Exercise materials:
##########

//! The calls of a pair that change its logs.

ghost use Rattle.std.specs.Prelude.{◌≡◌, length, OnOk};
ghost use Rattle.frame_log.specs.Calls.{AppendAnswers, ResetAnswers};
ghost use Rattle.log_pair.specs.Calls.{AddsToCurrent, BringsBoth, EmptiesOther, KeepsGates, PairReviveAnswers};
ghost use Rattle.log_pair.specs.Calls.{TrimsOther};
ghost use Rattle.log_pair.specs.PairStates.{current_of, other_of, AreTrimmed, AreWithin};
ghost use Rattle.log_pair.specs.Sparing.{KeepsToPair};

use crate::current::Current;
use crate::pair::LogPair;
use disk_model::Disk;
use frame_log::{Frame, LogRefusal};

impl LogPair {
    /// Adds a frame to the current log. After `Ok` the frame survives every crash.
    ///
    /// It makes four device calls, and takes no memory.
    pub fn append<D: Disk>(&mut self, disk: &mut D, frame: &Frame) -> Result<(), LogRefusal>
        requires within { AreWithin self.old (D.seen disk.old) }
        ensures answer { AppendAnswers D.faults (current_of self.old) (current_of self.new) disk.old disk.new
            (length frame.now) result }
        ensures frames { AddsToCurrent D.Disk frame.now self.old self.new disk.old disk.new result }
        ensures other { other_of self.new ≡ other_of self.old }
        ensures disk { KeepsToPair D.Disk self.new disk.old disk.new }
    {
        match self.current {
            Current::First => self.first.append(disk, frame),
            Current::Second => self.second.append(disk, frame),
        }
    }

    /// Removes all frames of the other log. After `Ok` no crash leaves one.
    ///
    /// It makes four device calls, or none where the other log has no frame, and takes no memory.
    pub fn reset_other<D: Disk>(&mut self, disk: &mut D) -> Result<(), LogRefusal>
        requires within { AreWithin self.old (D.seen disk.old) }
        ensures answer { ResetAnswers D.faults (other_of self.old) (other_of self.new) disk.old disk.new result }
        ensures frames { EmptiesOther D.Disk self.old self.new disk.old disk.new result }
        ensures trimmed { OnOk result (TrimsOther self.old self.new (D.seen disk.old) (D.seen disk.new)
            (D.may_leave disk.old) (D.may_leave disk.new)) }
        ensures current { current_of self.new ≡ current_of self.old }
        ensures disk { KeepsToPair D.Disk self.new disk.old disk.new }
    {
        match self.current {
            Current::First => self.second.reset(disk),
            Current::Second => self.first.reset(disk),
        }
    }

    /// Brings both logs back to their last acknowledged frames. A reset that failed is finished.
    ///
    /// It makes two device calls a log, four where a fault may have opened its gate, and takes no memory: what is
    /// behind the log's last gate is cut off and synced. The log with the lower number comes first. A log that isn't
    /// down keeps its frames.
    pub fn revive<D: Disk>(&mut self, disk: &mut D) -> Result<(), LogRefusal>
        requires within { AreWithin self.old (D.seen disk.old) }
        ensures answer { PairReviveAnswers D.faults self.old self.new disk.old disk.new result }
        ensures frames { BringsBoth D.Disk self.old self.new disk.old disk.new result }
        ensures trimmed { OnOk result (AreTrimmed self.new (D.seen disk.new) (D.may_leave disk.new)) }
        ensures gates { KeepsGates self.old self.new }
        ensures disk { KeepsToPair D.Disk self.new disk.old disk.new }
    {
        self.first.revive(disk)?;
        self.second.revive(disk)
    }
}
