//! A law of pairs, as the contract of a function that does nothing.

ghost use Rattle.log_pair.specs.Laws.{BothPairsAreLeft, OtherPairsAreLeft, OtherPairsRepresent};
ghost use Rattle.log_pair.specs.Laws.{OtherPairsStayTrimmed, OtherPairsStayWithin};

use disk_model::Disk;

/// A call on one pair changes no other pair of the disk, at any moment.
pub fn other_pairs_represent<D: Disk>()
    ensures within { OtherPairsStayWithin D.Disk }
    ensures represent { OtherPairsRepresent D.Disk }
    ensures trimmed { OtherPairsStayTrimmed D.Disk }
    ensures moments { OtherPairsAreLeft D.Disk }
    ensures both { BothPairsAreLeft D.Disk }
{}
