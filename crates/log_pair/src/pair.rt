//! A pair of logs, and which of the two is current.

ghost use Rattle.std.specs.Prelude.{◌≡◌, ◌+◌, ◌↔◌, length, IsTrue};

use crate::current::Current;
use frame_log::{Frame, Log};

/// Two logs of one kind, with numbers that follow each other on the disk. The current one takes the next frame.
#[derive(Debug, Drop)]
pub struct LogPair {
    pub(crate) first: Log,
    pub(crate) second: Log,
    pub(crate) current: Current,
    ghost neighbours: { second.file ≡ first.file + 1 },
}

impl LogPair {
    ghost use Rattle.frame_log.specs.LogStates.{file_of, end_of, IsEmpty};
    ghost use Rattle.log_pair.specs.PairStates.{current_of, other_of, HasDown, IsPairOf};

    /// The pair of these two logs, of which the first has the lower number.
    pub fn new(first: Log, second: Log, current: Current) -> LogPair
        requires { file_of second ≡ file_of first + 1 }
        ensures { IsPairOf first second current result }
    {
        LogPair {
            first,
            second,
            current,
        }
    }

    /// The log that takes the next frame.
    pub fn current(&self) -> &Log
        ensures { result.now ≡ current_of self.now }
    {
        match self.current {
            Current::First => &self.first,
            Current::Second => &self.second,
        }
    }

    /// The log that waits until it is reset.
    pub fn other(&self) -> &Log
        ensures { result.now ≡ other_of self.now }
    {
        match self.current {
            Current::First => &self.second,
            Current::Second => &self.first,
        }
    }

    /// Whether one of the two logs is down.
    pub fn is_down(&self) -> bool
        ensures { IsTrue result ↔ HasDown self.now }
    {
        self.first.is_down() || self.second.is_down()
    }

    /// The place of the current log's last gate after an append of this frame.
    pub fn end_with(&self, frame: &Frame) -> u64
        ensures { result ≡ end_of (current_of self.now) + 9 + length frame.now }
    {
        self.current().end_with(frame)
    }

    /// Makes the other log, which must be empty, the current one. It makes no device call.
    pub fn switch(&mut self)
        requires { IsEmpty (other_of self.old) }
        ensures current { current_of self.new ≡ other_of self.old }
        ensures other { other_of self.new ≡ current_of self.old }
    {
        self.current = match self.current {
            Current::First => Current::Second,
            Current::Second => Current::First,
        };
    }
}
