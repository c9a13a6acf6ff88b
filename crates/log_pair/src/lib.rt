//! Two logs of one kind: the current one takes the next frame, the other one waits until it is reset. A crash at any
//! moment of a call leaves of each log the frames that it had, or those that the call leads to.
#![tactic(auto)]

mod calls;
mod current;
mod laws;
mod pair;

pub use current::Current;
pub use laws::other_pairs_represent;
pub use pair::LogPair;
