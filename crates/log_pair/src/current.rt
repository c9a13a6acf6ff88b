//! Which log of a pair is current.

/// Which of a pair's two logs takes the next frame.
#[derive(Clone, Copy, Debug, PartialEq, Eq)]
pub enum Current {
    /// The log with the lower number.
    First,
    /// The log with the higher number.
    Second,
}
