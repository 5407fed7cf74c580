//! The runs of an image at both widths.
ghost use Rattle.std.specs.Prelude.{◌≡◌, ◌↔◌, IfOk, IsTrue, None};
ghost use Rattle.host_model.specs.RunState.{RunState};
ghost use Rattle.host_model.specs.Runs.{world_of};
ghost use Rattle.host_model.specs.Scripts.{IsScript};
ghost use Rattle.host_model.specs.World.{World};
ghost use Rattle.note_types.specs.Records.{IsNotes};
ghost use Rattle.pe_image.specs.Images.{IsImage};
ghost use Rattle.pe_image.specs.Mapped.{AreBytes};
ghost use Rattle.twin_run.specs.Differs.{DifferAt};
ghost use Rattle.twin_run.specs.OnItsWay.{IsSameButFirst};
ghost use Rattle.twin_run.specs.Reported.{IsReport};
ghost use Rattle.twin_run.specs.Runner.{IsRunner};
ghost use Rattle.width_checker.specs.Typed.{Typed};

use crate::comparing::{same_ending, same_from, same_spot};
use crate::in_step;
use crate::one_run::{finish, goes_on};
use crate::reports::TwinReport;
use crate::runner::{Runner, start};
use ebc_base::NoMemory;
use note_types::{Notes, Script};
use pe_image::Image;
use std::alloc::Global;

// Whether two runners show the same but for their first so many events.
fn same_but_first(at4: &Runner<4>, at8: &Runner<8>, told: usize) -> bool
    ensures { (world : World) (r s : RunState) → IsRunner 4 world at4.now r → IsRunner 8 world at8.now s
        → IsTrue result ↔ IsSameButFirst world told r s }
{
    same_spot(at4.spot(), at8.spot())
        && same_ending(at4.ending(), at8.ending())
        && same_from(at4.trace(), at8.trace(), told)
}

/// Runs an image at 4 and at 8 bytes an address under notes and with a script, each until its run ends or for so many steps, and
/// finds the least number of steps, up to the same, after which the two aren't the same. The image needs to keep no rule of
/// docs/RULES.md; where it keeps them all there is none.
///
/// # Errors
///
/// There is no memory for the runs.
pub fn twin(
    alloc: Global,
    image: &Image,
    notes: &Notes,
    script: &Script,
    steps: u64,
) -> Result<TwinReport, NoMemory>
    requires image { IsImage image.now }
    requires bytes { AreBytes image.now }
    requires notes { IsNotes notes.now }
    requires script { IsScript notes.now script.now }
    ensures at4 { IfOk result (λ t. IsReport 4 image.now (world_of image.now notes.now script.now) steps t.at4) }
    ensures at8 { IfOk result (λ t. IsReport 8 image.now (world_of image.now notes.now script.now) steps t.at8) }
    ensures differ { IfOk result (λ t. DifferAt image.now (world_of image.now notes.now script.now) steps t.differ) }
    ensures same_where_typed { Typed image.now notes.now → IfOk result (λ t. t.differ ≡ None) }
{
    let mut at4 = start::<4>(alloc, image, notes, script)?;
    let mut at8 = start::<8>(alloc, image, notes, script)?;
    let mut taken = 0;
    let mut same = same_but_first(&at4, &at8, 0);
    while same && taken < steps && goes_on(&at4) {
        let told = at4.trace().len();
        taken += in_step::steps(&mut at4, &mut at8, image, notes, script, steps - taken);
        same = same_but_first(&at4, &at8, told);
    }
    Ok(TwinReport {
        at4: finish(at4, notes, script, steps),
        at8: finish(at8, notes, script, steps),
        differ: if same { None } else { Some(taken) },
    })
}
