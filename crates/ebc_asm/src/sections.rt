//! The sections of a source as its lines are taken.

ghost use Rattle.std.specs.Prelude.{◌≡◌, ◌≤◌, ◌++◌, ◌∷◌, [], length, OnOk, IfSome, Err};
ghost use Rattle.ebc_object.specs.Objects.{most};
ghost use Rattle.asm_text.specs.Texts.{IsHeldStatement, seen_statement};
ghost use Rattle.ebc_asm.specs.declared.end.LineEnd.TheVariants as ends;
ghost use Rattle.asm_text.specs.declared.fault.AsmFault.{AsmFault};
ghost use Rattle.ebc_asm.specs.Held.{Appends, SmallUse, and_place, and_used_place, seen_use};
ghost use Rattle.ebc_asm.specs.Pieces.{bytes_of, use_of};
ghost use Rattle.ebc_asm.specs.Symbols.{and_name, fixup_of, fixups_of, from_of, section_kind, used_name};
ghost use Rattle.ebc_base.specs.Tables.{with_name};

use crate::end::LineEnd;
use crate::names::Names;
use crate::pieces::{Use, append, use_of};
use asm_text::Statement;
use ebc_base::NoMemory;
use ebc_object::Fixup;
use std::alloc::Global;

/// A section so far.
#[derive(Drop)]
pub(crate) struct Section {
    pub bytes: Vec<u8>,
    pub fixups: Vec<Fixup>,
}

// 1 for the code, 2 for the data.
pub(crate) fn section_kind(in_data: bool) -> u8
    ensures { result ≡ section_kind in_data }
{
    if in_data { 2 } else { 1 }
}

fn from_of(offset: u32, from: Option<u32>) -> u32
    requires offset { offset ≤ most }
    requires small { IfSome from (λ n. n ≤ 18) }
    ensures { result ≡ from_of offset from }
{
    match from {
        Some(from) => offset + from,
        None => 0,
    }
}

impl Section {
    /// No bytes.
    pub fn new(alloc: Global) -> Section
        ensures bytes { result.bytes.items ≡ [] }
        ensures fixups { result.fixups.items ≡ [] }
    {
        Section {
            bytes: Vec::new(alloc),
            fixups: Vec::new(alloc),
        }
    }

    // Adds the fixup of a use in a statement that begins at an offset of code or of data.
    fn add_fixup(
        &mut self,
        alloc: Global,
        in_data: bool,
        offset: u32,
        u: &Use,
        names: &mut Names,
    ) -> Result<(), NoMemory>
        requires offset { offset ≤ most }
        requires small { SmallUse u.now }
        requires beside { length names.old.places.items ≡ length names.old.table }
        ensures bytes { self.new.bytes.items ≡ self.old.bytes.items }
        ensures table { OnOk result (names.new.table ≡ with_name u.now.name.now names.old.table) }
        ensures places { OnOk result (names.new.places.items ≡ and_place u.now.name.now names.old.table names.old.places.items) }
        ensures beside { OnOk result (length names.new.places.items ≡ length names.new.table) }
        ensures fixups { OnOk result (self.new.fixups.items ≡
            self.old.fixups.items ++ fixup_of in_data offset names.new.table (seen_use u.now) ∷ []) }
    {
        let symbol = names.number(alloc, u.name)?;
        let kind = u.kind;
        let section = section_kind(in_data);
        let from = from_of(offset, u.from);
        let offset = offset + u.at;
        self.fixups.push(Fixup {
            section,
            kind,
            offset,
            symbol,
            from,
        })?;
        Ok(())
    }

    /// Adds a statement that stands in code or in data.
    pub fn add(
        &mut self,
        alloc: Global,
        in_data: bool,
        statement: &Option<Statement>,
        names: &mut Names,
    ) -> Result<(), LineEnd>
        requires held { IsHeldStatement statement.now }
        requires most { length self.old.bytes.items ≤ most }
        requires beside { length names.old.places.items ≡ length names.old.table }
        ensures bytes { Appends result self.old.bytes.items (bytes_of (seen_statement statement.now)) self.new.bytes.items }
        ensures table { OnOk result (names.new.table ≡ and_name (used_name (use_of (seen_statement statement.now))) names.old.table) }
        ensures places { OnOk result (names.new.places.items ≡
            and_used_place (used_name (use_of (seen_statement statement.now))) names.old.table names.old.places.items) }
        ensures beside { OnOk result (length names.new.places.items ≡ length names.new.table) }
        ensures fixups { OnOk result (self.new.fixups.items ≡
            self.old.fixups.items ++
            fixups_of in_data (length self.old.bytes.items) names.new.table (use_of (seen_statement statement.now))) }
    {
        let offset = self.bytes.len() as u32;
        append(statement, &mut self.bytes)?;
        let Some(u) = use_of(statement) else {
            return Ok(());
        };
        self.add_fixup(alloc, in_data, offset, &u, names)?;
        Ok(())
    }
}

##########

Problem description: Going line by line through the data, tally each one that includes the string "next", and answer with the tally only.

Solution to the problem: 4